Bayesian methods: Concepts¶
Python notebook: https://github.com/daviskregers/data-science-recap/blob/main/14-naive-bayes-spam-classifier.ipynb
Remember Baye's theorem?¶
- \(P(A|B) = \frac{P(A)P(B|A)}{P(B)}\)
- Let's use it for machine learning! I want a spam classifier.
- Example: How would we express the probability of an email being spam if it contains the word "free"?
- \(P(Spam|Free)=\frac{P(Spam)P(Free|Spam)}{P(Free)}\)
- The numerator is the probability of a message being spam and containing the word "free" (this is subtly different from what we're looking for).
- The denominator is the overall probability of an email containing the word "free". (Equivalent to \(P(Free|Spam)P(Spam) + P(Free|Not Spam)P(Not Spam)\))

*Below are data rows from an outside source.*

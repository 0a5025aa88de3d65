//! What a map of names says about the calls and readings of sessions. It knows no revision, no piece and no memo. It is compared with the
//! history of a database, entry by entry, and each session's readings are compared with the beginnings of that history.
use bc_calls::{Entry, Event, MOST_BODIES, PutReply, RemoveReply};
use bc_names::Name;
use bc_prov::{Outcome, Shared};
use std::alloc::{AllocError, Global};
use test_fixtures::Sight;

/// The most closures that a function creates: those of the numbers 0, 1 and 2.
pub(crate) const CLOSURES: usize = 3;

/// The number of names of each function: its own, then those of its closures.
const FAMILY: usize = CLOSURES + 1;

/// What is known about a unit: it is a closure or a function with this many errors, or a function that creates the closures of these
/// numbers.
#[derive(Clone, Copy)]
pub(crate) enum Kind {
    Closure(usize),
    Function(usize),
    Creator([bool; CLOSURES]),
}

/// A call that a session made, by the number of its name if it has one, with what is known about the unit that it put.
#[derive(Clone, Copy)]
pub(crate) enum Deed {
    Types,
    Put(usize, Kind),
    Remove(usize),
    Ask(usize),
    All,
}

/// What a session saw of a name without a call: the answer of a glance, or the outcome of its own work without the lock.
#[derive(Clone, Copy)]
pub(crate) enum Seen {
    Answer(Option<Sight>),
    Found(Sight),
}

/// A reading of a session: the number of its earlier calls, the number of the name, and what was seen.
#[derive(Clone, Copy)]
pub(crate) struct Reading {
    pub(crate) behind: usize,
    pub(crate) name: usize,
    pub(crate) seen: Seen,
}

/// What a session did: its calls and its readings, each in order.
#[derive(Drop)]
pub(crate) struct Log {
    pub(crate) calls: Vec<Deed>,
    pub(crate) readings: Vec<Reading>,
}

/// The unit stored under a name, and its answer.
#[derive(Clone, Copy)]
struct Place {
    held: Option<Kind>,
    answer: Option<Sight>,
}

/// The place of a name that holds nothing.
const EMPTY: Place = Place {
    held: None,
    answer: None,
};

/// What these ascending names hold, and the number of bodies.
#[derive(Drop)]
struct Map<'a> {
    names: &'a [Name],
    places: Vec<Place>,
    count: usize,
}

impl<'a> Map<'a> {
    /// Returns a map in which these names hold nothing.
    fn new(alloc: Global, names: &'a [Name]) -> Result<Map<'a>, AllocError> {
        let mut places = Vec::with_capacity(alloc, names.len())?;
        for _name in names {
            places.push(EMPTY)?;
        }
        Ok(Map {
            names,
            places,
            count: 0,
        })
    }

    /// Returns the place of a name.
    fn at(&self, name: usize) -> Place {
        match self.places.get(name) {
            Some(place) => *place,
            None => EMPTY,
        }
    }

    /// Sets the answer of a name.
    fn set_answer(&mut self, name: usize, answer: Option<Sight>) {
        if let Some(place) = self.places.get_mut(name) {
            place.answer = answer;
        }
    }

    /// Sets what a name holds, and makes its answer void, and that of its function.
    fn write(&mut self, name: usize, held: Option<Kind>) {
        if let Some(place) = self.places.get_mut(name) {
            place.held = held;
        }
        self.set_answer(name, None);
        self.set_answer(name - name % FAMILY, None);
    }

    /// Puts a unit under a name, and returns the reply.
    fn put(&mut self, name: usize, kind: Kind) -> PutReply {
        let is_root = name % FAMILY == 0;
        let is_closure = match kind {
            Kind::Closure(_) => true,
            Kind::Function(_) | Kind::Creator(_) => false,
        };
        if is_root == is_closure {
            return PutReply::WrongKind;
        }
        let was_held = self.at(name).held.is_some();
        if !was_held && self.count >= MOST_BODIES {
            return PutReply::Full;
        }
        self.write(name, Some(kind));
        if was_held {
            return PutReply::Replaced;
        }
        self.count = self.count.saturating_add(1);
        PutReply::Added
    }

    /// Removes the unit of a name, and returns the reply.
    fn remove(&mut self, name: usize) -> RemoveReply {
        if self.at(name).held.is_none() {
            return RemoveReply::Absent;
        }
        self.write(name, None);
        self.count = self.count.saturating_sub(1);
        RemoveReply::Removed
    }

    /// Sets the answer of a name if it holds a body.
    fn answer_with(&mut self, name: usize, found: &Sight) {
        if self.at(name).held.is_some() {
            self.set_answer(name, Some(*found));
        }
    }

    /// Asks for a name, and returns what is found.
    fn ask(&mut self, name: usize) -> Sight {
        let found = self.found(name);
        self.answer_with(name, &found);
        found
    }

    /// Asks for all, and returns whether these rows are what is found: the stored functions, ascending, each with what is found for it.
    fn ask_all(&mut self, rows: &[(Name, Shared<Outcome>)]) -> bool {
        let mut rest = rows.iter();
        for (number, name) in self.names.iter().enumerate() {
            if number % FAMILY != 0 || self.at(number).held.is_none() {
                continue;
            }
            let Some((at, outcome)) = rest.next() else {
                return false;
            };
            if at != name || Sight::of(outcome.get()) != self.ask(number) {
                return false;
            }
        }
        rest.next().is_none()
    }

    /// Makes a call, and returns whether the event is that call with its reply.
    fn take(&mut self, deed: Deed, event: &Event) -> bool {
        match (deed, event) {
            (Deed::Types, Event::Types(_)) => {
                for place in self.places.iter_mut() {
                    place.answer = None;
                }
                true
            }
            (Deed::Put(name, kind), Event::Put(at, _, reply)) => {
                self.names.get(name) == Some(at) && self.put(name, kind) == *reply
            }
            (Deed::Remove(name), Event::Remove(at, reply)) => {
                self.names.get(name) == Some(at) && self.remove(name) == *reply
            }
            (Deed::Ask(name), Event::Ask(at, outcome)) => {
                self.names.get(name) == Some(at) && self.ask(name) == Sight::of(outcome.get())
            }
            (Deed::All, Event::All(listing)) => self.ask_all(listing.get().as_slice()),
            (Deed::Types | Deed::Put(_, _) | Deed::Remove(_) | Deed::Ask(_) | Deed::All, _) =>
                false,
        }
    }

    /// Returns whether this is what there is to see of a name now.
    fn fits(&self, name: usize, seen: &Seen) -> bool {
        match seen {
            Seen::Answer(answer) => self.at(name).answer == *answer,
            Seen::Found(found) => self.found(name) == *found,
        }
    }

    /// Returns what an ask finds for a function that creates these closures.
    fn found_below(&self, name: usize, creates: [bool; CLOSURES]) -> Sight {
        let mut bodies: usize = 1;
        let mut errors: usize = 0;
        for (number, is_created) in creates.iter().enumerate() {
            let child = name.saturating_add(number).saturating_add(1);
            if !*is_created {
                continue;
            }
            match (self.at(child).held, self.names.get(child)) {
                (Some(Kind::Closure(theirs)), _) => {
                    bodies = bodies.saturating_add(1);
                    errors = errors.saturating_add(theirs);
                }
                (None, Some(missing)) => return Sight::Missing(*missing),
                (_, _) => return Sight::Other,
            }
        }
        Sight::Report(bodies, errors)
    }

    /// Returns what an ask of a name finds.
    fn found(&self, name: usize) -> Sight {
        match self.at(name).held {
            None => Sight::NoBody,
            Some(Kind::Closure(errors) | Kind::Function(errors)) => Sight::Report(1, errors),
            Some(Kind::Creator(creates)) => self.found_below(name, creates),
        }
    }
}

/// What a session did, the number of its calls in a beginning of the history, and the number of its readings that this beginning shows.
#[derive(Clone, Copy)]
struct Reader<'a> {
    log: &'a Log,
    behind: usize,
    read: usize,
}

impl Reader<'_> {
    /// Moves past the readings that saw what there is to see now.
    fn read_on(&mut self, map: &Map<'_>) {
        let log = self.log;
        for reading in log.readings.get(self.read..).unwrap_or(&[]) {
            if reading.behind != self.behind || !map.fits(reading.name, &reading.seen) {
                return;
            }
            self.read = self.read.saturating_add(1);
        }
    }

    /// Returns the next call, if there is one and it has this number.
    fn next_deed(&mut self, number: u32) -> Option<Deed> {
        if number as usize != self.behind {
            return None;
        }
        let deed = self.log.calls.get(self.behind)?;
        self.behind = self.behind.saturating_add(1);
        Some(*deed)
    }

    /// Returns whether the history has all its calls and shows all its readings.
    fn is_done(&self) -> bool {
        self.read == self.log.readings.len() && self.behind == self.log.calls.len()
    }
}

/// Returns a reader for each session.
fn readers(alloc: Global, logs: &[Log]) -> Result<Vec<Reader<'_>>, AllocError> {
    let mut readers = Vec::with_capacity(alloc, logs.len())?;
    for log in logs {
        readers.push(Reader {
            log,
            behind: 0,
            read: 0,
        })?;
    }
    Ok(readers)
}

/// Returns whether the history is what a map of these ascending names says about the sessions' calls. It must have each call once, those of
/// a session in their order, and must show all readings. A reading of a session saw what a beginning of the history leaves. This beginning
/// is no shorter than that of the reading before, and has the calls that the session had made before the reading, and none of its later
/// ones.
pub(crate) fn agree(
    alloc: Global,
    names: &[Name],
    logs: &[Log],
    entries: &[Entry],
) -> Result<bool, AllocError> {
    let mut map = Map::new(alloc, names)?;
    let mut readers = readers(alloc, logs)?;
    for entry in entries {
        for reader in readers.iter_mut() {
            reader.read_on(&map);
        }
        let Some(reader) = readers.get_mut(usize::from(entry.session)) else {
            return Ok(false);
        };
        let Some(deed) = reader.next_deed(entry.number) else {
            return Ok(false);
        };
        if !map.take(deed, &entry.event) {
            return Ok(false);
        }
    }
    for reader in readers.iter_mut() {
        reader.read_on(&map);
    }
    Ok(readers.iter().all(|reader| reader.is_done()))
}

- So together - this ratio is the % of emails with the word "free" that are spam.
What about all the other words?¶
- We can construct \(P(Spam | Word)\) for every meaningful word we encounter during training
- Then multiply these together when analyzing a new email to get the probability of it being spam.
- Assumes the presence of different words are independent of each other - one reason this is called "Naive Bayes".
Sounds like a lot of work.¶
- Scikit-learn to the rescue!
- The CountVectorizer lets us operate on lots of words at once, and MultinomialNB does all the heavy lifting on Naive Bayes.
- We'll train it on known sets of spam and "ham" (non-spam) emails.